学习准确的深度对于多视图3D对象检测至关重要。最近的方法主要是从单眼图像中学习深度，由于单眼深度学习的性质不足，这会面临固有的困难。在这项工作中，我们提出了一种新颖的环绕时间立体声（STS）技术，而不是使用唯一的单眼深度方法，而是利用跨时间之间的几何对应关系来促进准确的深度学习。具体而言，我们将自我车辆周围所有相机的视野视为统一的视图，即环绕浏览量，并在其上进行暂时立体声匹配。利用与STS不同框架之间的几何对应关系并与单眼深度结合在一起，以产生最终的深度预测。关于Nuscenes的综合实验表明，STS极大地提高了3D检测能力，特别是对于中距离和长距离对象。在带有RESNET-50骨架的BEVDEPTH上，STS分别提高了MAP和NDS，分别提高了2.6％和1.4％。当使用较大的主链和较大的图像分辨率时，观察到一致的改进，证明了其有效性

目前，在鸟眼中检测3D对象（BEV）优于其他3D检测器，用于自动驾驶和机器人技术。但是，将图像特征转换为BEV需要特别操作员进行特征采样。这些操作员在许多边缘设备上不受支持，在部署探测器时会带来额外的障碍。为了解决此问题，我们重新审视BEV表示的生成，并在透视图BEV中提出检测对象 - 一种不需要功能采样的新的BEV表示。我们证明，BEV功能同样可以享受BEV范式的好处。此外，视角BEV通过解决特征采样引起的问题来改善检测性能。我们建议基于此发现的透视bev空间中的高性能对象检测提出PERSDET。在实施简单且有效的结构时，SPEDET优于Nuscenes基准上的现有最新单眼方法，在使用Resnet-50作为骨架时，达到34.6％的MAP和40.8％的NDS。

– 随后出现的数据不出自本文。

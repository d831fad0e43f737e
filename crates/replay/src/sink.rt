//! Vectors of one call of the sink: the method, the tokens of its operands, and the bytes that it writes.

pub mod arguments;
mod lists;
mod methods;

use crate::columns::columns;
use crate::mismatch::Mismatch;
use crate::sink::arguments::{Argument, arguments};
use crate::sink::methods::is_called;
use crate::written::{Written, check_growth, check_written};
use std::alloc::{Allocator, Global};
use wasm_encoder::{
    Call, InstructionSink, Items, Opcode, Operands, Prefix, V128, normalise_instructions,
    read_instructions,
};

/// Holds the sink, the reader and the normaliser to the vector of a line.
pub fn check(alloc: Global, line: &str) -> Result<(), Mismatch> {
    let (method, operands, hex) = columns(line)?;
    let expected = hex::decode(alloc, hex)?;
    let expected = expected.as_slice();
    let has_list = operands.contains("list:");
    let room = if has_list { 0 } else { 24 };
    if has_list || is_called(method) {
        check_method(alloc, room, Written::Method(method, operands), expected)?;
    }
    let calls = [call_of(alloc, method, operands, expected)?];
    check_calls(alloc, room, &calls, expected)?;
    check_readers(alloc, &calls, expected)
}

/// The method writes the bytes.
fn check_method(
    alloc: Global,
    room: usize,
    method: Written<'_>,
    expected: &[u8],
) -> Result<(), Mismatch> {
    check_written(alloc, method, expected)?;
    check_growth(alloc, 0, method, expected)?;
    check_growth(alloc, room, method, expected)
}

/// Calls the method of this name, with the operands that the tokens stand for.
pub fn write_method<A: Allocator>(
    alloc: Global,
    list: &mut Vec<u8, A>,
    method: &str,
    operands: &str,
) -> Result<(), Mismatch> {
    write(alloc, InstructionSink::new(list), method, operands)?;
    Ok(())
}

fn write<'a, A: Allocator>(
    alloc: Global,
    sink: InstructionSink<'a, A>,
    method: &str,
    operands: &str,
) -> Result<InstructionSink<'a, A>, Mismatch> {
    let written = match lists::parse_listed(alloc, method, operands)? {
        Some(listed) => lists::write(sink, method, &listed),
        None => methods::write(sink, method, arguments(alloc, operands)?.as_slice()),
    };
    Ok(written?)
}

/// The call of the method.
fn call_of(alloc: Global, method: &str, operands: &str, bytes: &[u8]) -> Result<Call, Mismatch> {
    let opcode = opcode(bytes)?;
    let operands = operands_of(alloc, method, operands)?;
    let same = operands.try_clone()?;
    let call = Call::new(opcode, operands).ok();
    let call = call.ok_or(Mismatch::NotUnderstood)?;
    if call.op() == opcode && *call.operands() == same && call.try_clone()? == call {
        Ok(call)
    } else {
        Err(Mismatch::Made)
    }
}

/// The operands of the call, in written order.
fn operands_of(alloc: Global, method: &str, operands: &str) -> Result<Operands, Mismatch> {
    if let Some(listed) = lists::parse_listed(alloc, method, operands)? {
        return Ok(lists::operands(listed)?);
    }
    let arguments = arguments(alloc, operands)?;
    match arguments.as_slice() {
        [] => Ok(Operands::None),
        [only] => one_operand(alloc, *only),
        [first, second] => two_operands(method, *first, *second),
        [
            Argument::U32(label),
            Argument::Reference(from),
            Argument::Reference(to),
        ] => { Ok(Operands::Cast(*label, *from, *to)) }
        [
            Argument::Order(order),
            Argument::U32(first),
            Argument::U32(second),
        ] => { Ok(Operands::OrderTwoIndexes(*order, *first, *second)) }
        _ => Err(Mismatch::NotUnderstood),
    }
}

fn one_operand(alloc: Global, only: Argument) -> Result<Operands, Mismatch> {
    Ok(match only {
        Argument::U32(index) => Operands::Index(index),
        Argument::I32(value) => Operands::I32(value),
        Argument::I64(value) => Operands::I64(value),
        Argument::I128(value) => Operands::V128(V128::new(value)),
        Argument::F32(value) => Operands::F32(value),
        Argument::F64(value) => Operands::F64(value),
        Argument::Lane(lane) => Operands::Lane(lane),
        Argument::Lanes(lanes) => Operands::Shuffle(lanes),
        Argument::Memory(memarg) => Operands::Mem(memarg),
        Argument::Order(ordering) => Operands::Order(ordering),
        Argument::Heap(ty) => Operands::Heap(ty),
        Argument::Value(ty) => Operands::Types(Items::from_slice(alloc, &[ty])?),
        Argument::Block(ty) => Operands::Block(ty),
        Argument::Reference(_) => return Err(Mismatch::NotUnderstood),
    })
}

/// Returns two operands. Four methods write the second parameter first.
fn two_operands(method: &str, first: Argument, second: Argument) -> Result<Operands, Mismatch> {
    Ok(match (first, second) {
        (Argument::U32(first), Argument::U32(second)) => match method {
            "call_indirect" | "return_call_indirect" | "memory_init" | "table_init" => {
                Operands::TwoIndexes(second, first)
            }
            _ => Operands::TwoIndexes(first, second),
        },
        (Argument::Memory(memarg), Argument::Lane(lane)) => Operands::MemLane(memarg, lane),
        (Argument::Order(ordering), Argument::U32(index)) => {
            Operands::OrderIndex(ordering, index)
        }
        _ => return Err(Mismatch::NotUnderstood),
    })
}

/// The opcode that the bytes begin with. After a prefix byte its number has one byte or two.
fn opcode(bytes: &[u8]) -> Result<Opcode, Mismatch> {
    let (prefix, number) = match bytes {
        [0xfb, rest @ ..] => (Prefix::Fb, number(rest)?),
        [0xfc, rest @ ..] => (Prefix::Fc, number(rest)?),
        [0xfd, rest @ ..] => (Prefix::Fd, number(rest)?),
        [0xfe, rest @ ..] => (Prefix::Fe, number(rest)?),
        [byte, ..] => (Prefix::None, u32::from(*byte)),
        [] => return Err(Mismatch::NotUnderstood),
    };
    Ok(Opcode { prefix, number })
}

fn number(bytes: &[u8]) -> Result<u32, Mismatch> {
    match bytes {
        [low, ..] if *low < 128 => Ok(u32::from(*low)),
        [low, high, ..] => Ok(u32::from(*low % 128) + 128 * u32::from(*high)),
        _ => Err(Mismatch::NotUnderstood),
    }
}

/// `write_call` and `write_calls` write the bytes.
fn check_calls(
    alloc: Global,
    room: usize,
    calls: &[Call; 1],
    expected: &[u8],
) -> Result<(), Mismatch> {
    let [call] = calls;
    if Some(call.operands().kind()) != call.op().kind() {
        return Err(Mismatch::Made);
    }
    check_written(alloc, Written::Calls(calls), expected)?;
    check_written(alloc, Written::Call(call), expected)?;
    check_growth(alloc, 0, Written::Call(call), expected)?;
    check_growth(alloc, room, Written::Call(call), expected)
}

/// The bytes are read as these calls, and are their own normal form.
fn check_readers(alloc: Global, calls: &[Call], bytes: &[u8]) -> Result<(), Mismatch> {
    if read_instructions(alloc, bytes)?.as_slice() != calls {
        return Err(Mismatch::Read);
    }
    if normalise_instructions(alloc, bytes)?.as_slice() == bytes {
        Ok(())
    } else {
        Err(Mismatch::Normalised)
    }
}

对接系统对于在线多人游戏中创建公平匹配至关重要，这直接影响玩家的满足感和游戏体验。大多数对接系统在很大程度上取决于对玩家游戏技能的精确估计来构建公平的游戏。但是，新手的技能等级通常是不准确的，因为当前的对接评级算法需要大量游戏才能学习新玩家的真正技能。在早期阶段使用这些不可靠的技能得分通常会导致团队绩效方面的差异，这会导致负面的游戏体验。这被称为对接评级算法的“冷启动”问题。为了克服这个难题，本文提出了QuickSkill，这是一个基于深度学习的新手技能估算框架，以快速探究在线多人游戏中新玩家的能力。 QuickSkill提取了玩家最初的几款游戏中的顺序性能功能，以通过专用的神经网络来预测他/她的未来技能评级，从而在玩家的早期游戏阶段进行准确的技能估计。通过使用Quickskill进行对接，可以在最初的冷门时期大大改善游戏公平性。我们在离线和在线场景中都在流行的移动多人游戏中进行实验。使用两个现实世界中的匿名游戏数据集获得的结果表明，提议的QuickSkill提供了对新手游戏技能的精确估计，从而导致团队技能差异明显降低和更好的玩家游戏体验。据我们所知，提议的Quickskill是第一个解决传统技能评级算法的冷门问题的框架。